Precisely. They are opaque to users of the package, but exposed in order to allow callers to control whether they invalidate the last lines returned from the wrapper by reusing the buffer. If we don't expose this concept, callers cannot wrap a new paragraph until they are done with the previous (is that an okay constraint? I thought not). If we don't allow this kind of buffer reuse then we allocate quite a lot in wrapping each time.

whereswaldon commented 1 year ago

Is there any sensible default we can use for buffering (without hitting the "stop until buffer copied" issue you raised above)? It feels like having an API that is less performant by default is a step backwards. I don't disagree that these are all desirable improvements - but I wonder if we can retain the default performance from before in some way?

I'm not sure what "stop until buffer copied" issue you mean. I just reread the conversation above and I didn't see anything that seemed to match.

We can retain more performance by complicating the iterator API, but I opted to keep it simple in this iteration. Allowing the wrapper to ask "is there only one run?" allows us to keep performance on par.
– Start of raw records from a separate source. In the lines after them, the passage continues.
//! What declarations do with what typing has at hand.

ghost use Rattle.std.specs.Prelude.{◌≡◌, ◌+◌, ◌<◌, ◌≤◌, ◌^◌, length, true, IfOk, IfErr};
ghost use Rattle.cx_type_defs.specs.Same.{form_of, Int, Const};
ghost use Rattle.cx_type_defs.specs.Tables.{Grows as TypesGrow};
ghost use Rattle.cx_typed.specs.Shown.{Within, shown, vars_shown};
ghost use Rattle.cx_typed.specs.Trees.{OfExpr, OfVariable};
ghost use Rattle.cx_typed.specs.Well.{BodyFits, MayInitialize};
ghost use Rattle.cx_state.specs.declared.root.JudgeMode.TheVariants as mode;
ghost use Rattle.cx_exprs.specs.declared.answer.ElabAnswer.TheVariants as answer;
ghost use Rattle.cx_exprs.specs.Declaring.{const_var, initialized, introduced, with_line};
ghost use Rattle.cx_exprs.specs.Desks.{IsFault, types_of, world_of};
ghost use Rattle.cx_exprs.specs.Parts.{as_value};
ghost use Rattle.cx_exprs.specs.Typing.{Good, judging};

use crate::answer::ElabAnswer;
use crate::elab::Elab;
use crate::nodes::as_value;
use cx_base::{IntType, Mark, Rule, Span, Text};
use cx_scopes::{Entity, LookAnswer};
use cx_tree::Ident;
use cx_typed::{
    Full, FullBody, Judge, JudgeMode, Line, LineKind, Outcome, TExpr, TVariable, Value, value_text,
};
use cx_types::{TypeId, TypeKind, TypeRow, VarId};

impl<J: Judge> Elab<J> {
    /// Adds a line.
    pub fn add_line(
        &mut self,
        start: Mark,
        kind: LineKind,
        name: Text,
        value: Value,
    ) -> Result<(), ElabAnswer>
        ensures program { self.new.program ≡ self.old.program }
        ensures ended { self.new.ended ≡ self.old.ended }
        ensures world { IfOk result (λ u. world_of self.new ≡ with_line kind start name value (world_of self.old)) }
        ensures memory { IfErr result (λ a. a ≡ answer.Memory) }
    {
        let Ok(text) = value_text(self.alloc, value) else {
            return Err(ElabAnswer::Memory);
        };
        let line = Line {
            start,
            kind,
            name,
            value,
            text,
        };
        match self.lines.push(line) {
            Ok(()) => Ok(()),
            Err(_) => Err(ElabAnswer::Memory),
        }
    }

    /// The number of a const integer type, which may be new.
    #[tactic(auto, using(crate::proofs::Desked::const_form, crate::proofs::Desked::const_known))]
    fn const_id(&mut self, ty: IntType) -> Result<TypeId, ElabAnswer>
        requires room { length (types_of self.old).rows + 1 < 2 ^ 32 }
        ensures types { TypesGrow (types_of self.old) (types_of self.new) }
        ensures one_more { length (types_of self.new).rows ≤ length (types_of self.old).rows + 1 }
        ensures variables { self.new.program.variables ≡ self.old.program.variables }
        ensures world { world_of self.new ≡ world_of self.old }
        ensures ended { self.new.ended ≡ self.old.ended }
        ensures known { IfOk result (λ id. id.0 < length (types_of self.new).rows) }
        ensures form { IfOk result (λ id. form_of true (types_of self.new) id ≡ Const (Int ty)) }
        ensures memory { IfErr result (λ a. a ≡ answer.Memory) }
    {
        let row = TypeRow {
            kind: TypeKind::Int(ty),
            konst: true,
        };
        let Ok(id) = self.program.intern(row) else {
            return Err(ElabAnswer::Memory);
        };
        self.program.types().sound();
        Ok(id)
    }

    /// A variable of a const integer type more, which its name means from here on and which isn't initialized yet. A name that has
    /// another meaning in the present scope breaks a rule ([basic.scope.scope]).
    #[tactic(auto, using(crate::proofs::Desked::const_integer))]
    pub fn declare_const(
        &mut self,
        name: &Ident,
        ty: IntType,
        is_constexpr: bool,
    ) -> Result<VarId, ElabAnswer>
        requires few { length self.old.program.variables + 1 < 2 ^ 23 }
        requires room { length (types_of self.old).rows + 1 < 2 ^ 32 }
        ensures types { TypesGrow (types_of self.old) (types_of self.new) }
        ensures one_more { length (types_of self.new).rows ≤ length (types_of self.old).rows + 1 }
        ensures ended { self.new.ended ≡ self.old.ended }
        ensures ok { IfOk result (λ v. introduced (const_var ty is_constexpr name.now.text name.now.span) (world_of self.old) ≡ Good v (world_of self.new)) }
        ensures fault { IfErr result (λ a. IsFault a (introduced (const_var ty is_constexpr name.now.text name.now.span) (world_of self.old))) }
    {
        let id = self.const_id(ty)?;
        let Ok(text) = name.text.copy() else {
            return Err(ElabAnswer::Memory);
        };
        self.program.fits();
        let next = VarId(self.program.variables().len() as u32);
        match self.scopes.declare(&name.text, Entity::Variable(next)) {
            Ok(()) => {}
            Err(LookAnswer::Memory) => return Err(ElabAnswer::Memory),
            Err(_) => return Err(self.fault(Rule::Redeclared, name.span)),
        }
        let variable = TVariable {
            name: text,
            ty: id,
            at: name.span,
            is_constexpr,
            init: None,
        };
        let Ok(number) = self.program.declare(variable) else {
            return Err(ElabAnswer::Memory);
        };
        Ok(number)
    }

    /// Initializes a variable that isn't initialized yet.
    pub fn initialize(&mut self, variable: VarId, init: TExpr)
        requires within { Within (types_of self.old) init }
        requires fresh { MayInitialize (vars_shown self.old.program) variable (shown (types_of self.old) init) }
        ensures types { types_of self.new ≡ types_of self.old }
        ensures ended { self.new.ended ≡ self.old.ended }
        ensures world { world_of self.new ≡ initialized variable (shown (types_of self.old) init) (world_of self.old) }
    {
        self.program.initialize(variable, init);
    }

    /// Judges the initialization of a variable, which is kept where it has a value.
    pub fn judge_variable(
        &mut self,
        variable: VarId,
        ty: IntType,
        span: Span,
    ) -> Result<Outcome, ElabAnswer>
        requires there { variable.0 < length (vars_shown self.old.program) }
        ensures program { self.new.program ≡ self.old.program }
        ensures ended { self.new.ended ≡ self.old.ended }
        ensures ok { IfOk result (λ o. judging mode.Keep (record { body = OfVariable variable; span = span }) (world_of self.old) ≡ Good o (world_of self.new)) }
        ensures memory { IfErr result (λ a. a ≡ answer.Memory) }
    {
        let full = Full {
            body: FullBody::Variable(variable),
            ty: self.int_id(ty),
            span,
        };
        self.judge(&full, JudgeMode::Keep)
    }

    /// Judges a number.
    pub fn judge_number(&mut self, number: TExpr, span: Span) -> Result<Outcome, ElabAnswer>
        requires within { Within (types_of self.old) number }
        requires fits { BodyFits (vars_shown self.old.program) (OfExpr (shown (types_of self.old) number)) }
        ensures program { self.new.program ≡ self.old.program }
        ensures ended { self.new.ended ≡ self.old.ended }
        ensures ok { IfOk result (λ o. judging mode.Constant (record { body = OfExpr (shown (types_of self.old) number); span = span }) (world_of self.old) ≡ Good o (world_of self.new)) }
        ensures memory { IfErr result (λ a. a ≡ answer.Memory) }
    {
        let ty = number.ty;
        let full = Full {
            body: FullBody::Expr(number),
            ty,
            span,
        };
        self.judge(&full, JudgeMode::Constant)
    }

    /// A number as one of this type, and an object's value as one ([conv]).
    pub fn value_as(&self, ty: IntType, expr: TExpr) -> Result<TExpr, ElabAnswer>
        requires within { Within (types_of self.now) expr }
        ensures within { IfOk result (Within (types_of self.now)) }
        ensures form { IfOk result (λ e. shown (types_of self.now) e ≡ as_value ty (shown (types_of self.now) expr)) }
        ensures memory { IfErr result (λ a. a ≡ answer.Memory) }
    {
        as_value(self, ty, expr)
    }
}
benoitkugler commented 1 year ago

Regarding the buffer, could we merge it with the LineWrapper type, and document that the lines returned by Wrap are owned by the line wrapper ? Users who need multiple wrapping would create multiple LineWrappers. And we could completely hide the scratch type from the API, and have buffered, performant behavior by default.

(Actually, it is basically the alternative @whereswaldon has initially proposed)

whereswaldon commented 1 year ago

I've internalized the existence of WrapBuffer as @benoitkugler suggested and tried to address all of @andydotxyz's recommendations regarding naming and style. Performance is essentially unchanged, though there is no longer any need to benchmark unbuffered use of the API because the buffering is internal and automatic.

benoitkugler commented 1 year ago

Thank you for the changes ! Seems great to me.

benoitkugler commented 1 year ago

Late remark : since wrapBuffer is now hidden, we could probably remove the pointer indirection (in the LineWrapper.scratch field), and also simplify ensureScratch that could just be replaced by scratch.reset.

@whereswaldon I can commit such changes if you want.

whereswaldon commented 1 year ago

I've implemented that change, with some extra logic to make sure that the first time we reset the scratch buffer it allocates some space so that the first use of the line wrapper isn't extra-slow for no reason.

andydotxyz commented 1 year ago

I'm not sure what "stop until buffer copied" issue you mean. I just reread the conversation above and I didn't see anything that seemed to match.

Sorry I was referring to the same concept that you better described as "callers cannot wrap a new paragraph until they are done with the previous". I think I misunderstood what the default behaviour is so it should be fine.